Figure 5. Dasatinib stimulates mitochondrial ROS production in vivo and in vitro.

(A) Representative images obtained by confocal microscopic analyses and double labeling with 8-oxo-2′-deoxyguanosine (8-oxo-dG) and the endothelial-specific marker vWF in lungs from vehicle-, dasatinib-, and imatinib-treated rats. (B) Quantifications of the oxidized glutathione/total glutathione ratio and of the protein carbonyl products in lungs and serum of vehicle-, dasatinib-, and imatinib-treated rats, respectively. (C) Representative images and quantification of intracellular ROS generation using fluorogenic probes (CellRox) and dihydroethidium (DHE) in pulmonary ECs treated 30 minutes with vehicle, dasatinib, or imatinib. (D) Gene expression analysis of pro-oxidative enzymes (NADPH oxidase 4 [NOX4], NO synthase 2 [NOS2], heme oxygenase 1 [HMOX1], GA-binding protein α chain [GABPA], flavin-containing monooxygenase 2 [FMO2]) and antioxidative enzymes (catalase [CAT], glutathione peroxidase 1 [GPX1], superoxide dismutase 1 [SOD1]) in lungs of rats treated with vehicle, dasatinib, and imatinib. (E) Mitochondria were labeled with MitoTracker Green (green) and mitochondrial ROS with MitoSOX Red (red). (F–G) Quantitative FACS analysis of the annexin V and propidium iodide (PI) dual labeling and quantification of caspase-3/7 activity in pulmonary ECs pretreated or not for 16 hours with N-acetylcysteine (NAC) at 5 mM and exposed or not to 400 nM dasatinib. (H) Representative images and quantification of the TUNEL staining in pulmonary ECs pretreated or not for 1 hour with NAC at 5 mM and exposed or not to 400 nM dasatinib. Horizontal lines display the mean ± SEM (n = 4–9). *P < 0.05, **P < 0.01, ***P < 0.001 vs. vehicle-treated cells or -treated rats; ^#P < 0.05, ^##P < 0.01, ^###P < 0.001 vs. pulmonary ECs treated with 400 nM dasatinib or rats treated with dasatinib (10×). Scale bars: 20 μm.

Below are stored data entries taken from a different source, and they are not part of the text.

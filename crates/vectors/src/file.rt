// The vector file, block by block.
ghost use Rattle.std.specs.Prelude.{◌≡◌, ◌+◌, ◌*◌, ◌≤◌, length};
ghost use Rattle.octets.specs.Run.{Mask};
ghost use Rattle.vectors.specs.VectorFile.{pieces_of, sound_piece, check_vectors};

use crate::vector;
use blocks::Checked;
use octets::run;

// "0 to 4,096 blocks"
const MOST: usize = 4096;

// How many pieces of 512 bytes there are, the last one cut or whole.
fn pieces(v: &[u8]) -> usize
    ensures { result ≡ pieces_of v.now }
{
    v.len().div_ceil(blocks::BLOCK)
}

// Whether piece k is one of 4,096, whole, and a sound vector.
fn piece_sound(v: &[u8], k: usize, mask: &[u8]) -> bool
    requires { (k ≤ 4096) × Mask mask.now }
    ensures { result ≡ sound_piece v.now k }
{
    k < MOST
        && blocks::BLOCK * k + blocks::BLOCK <= v.len()
        && vector::sound(blocks::block(v, k), mask)
}

// The number of blocks, or the first piece that is bad.
pub fn check(v: &[u8]) -> Checked
    ensures { result ≡ check_vectors v.now }
{
    let n = pieces(v);
    let mask = run::mask();
    for k in 0..n {
        if !piece_sound(v, k, &mask) {
            return Err(k as u32);
        }
    }
    Ok(n as u32)
}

Figure 6. Patients with CML treated with dasatinib display increased serum concentrations of sICAM-1, sVCAM-1, and sE-selectin.

Quantifications of sICAM-1 (A), sVCAM-1 (B), and sE-selectin (C) in CML patients at diagnosis (n = 17), in CML patients treated with dasatinib or imatinib after less than 3 months of therapy (n = 24 and 14, respectively), and in healthy subjects (n = 39). Horizontal lines display the mean ± SEM. **P < 0.01, ****P < 0.0001 vs. healthy subjects; ^#P < 0.05, ^##P < 0.01, ^####P < 0.0001 vs. CML patients treated with dasatinib.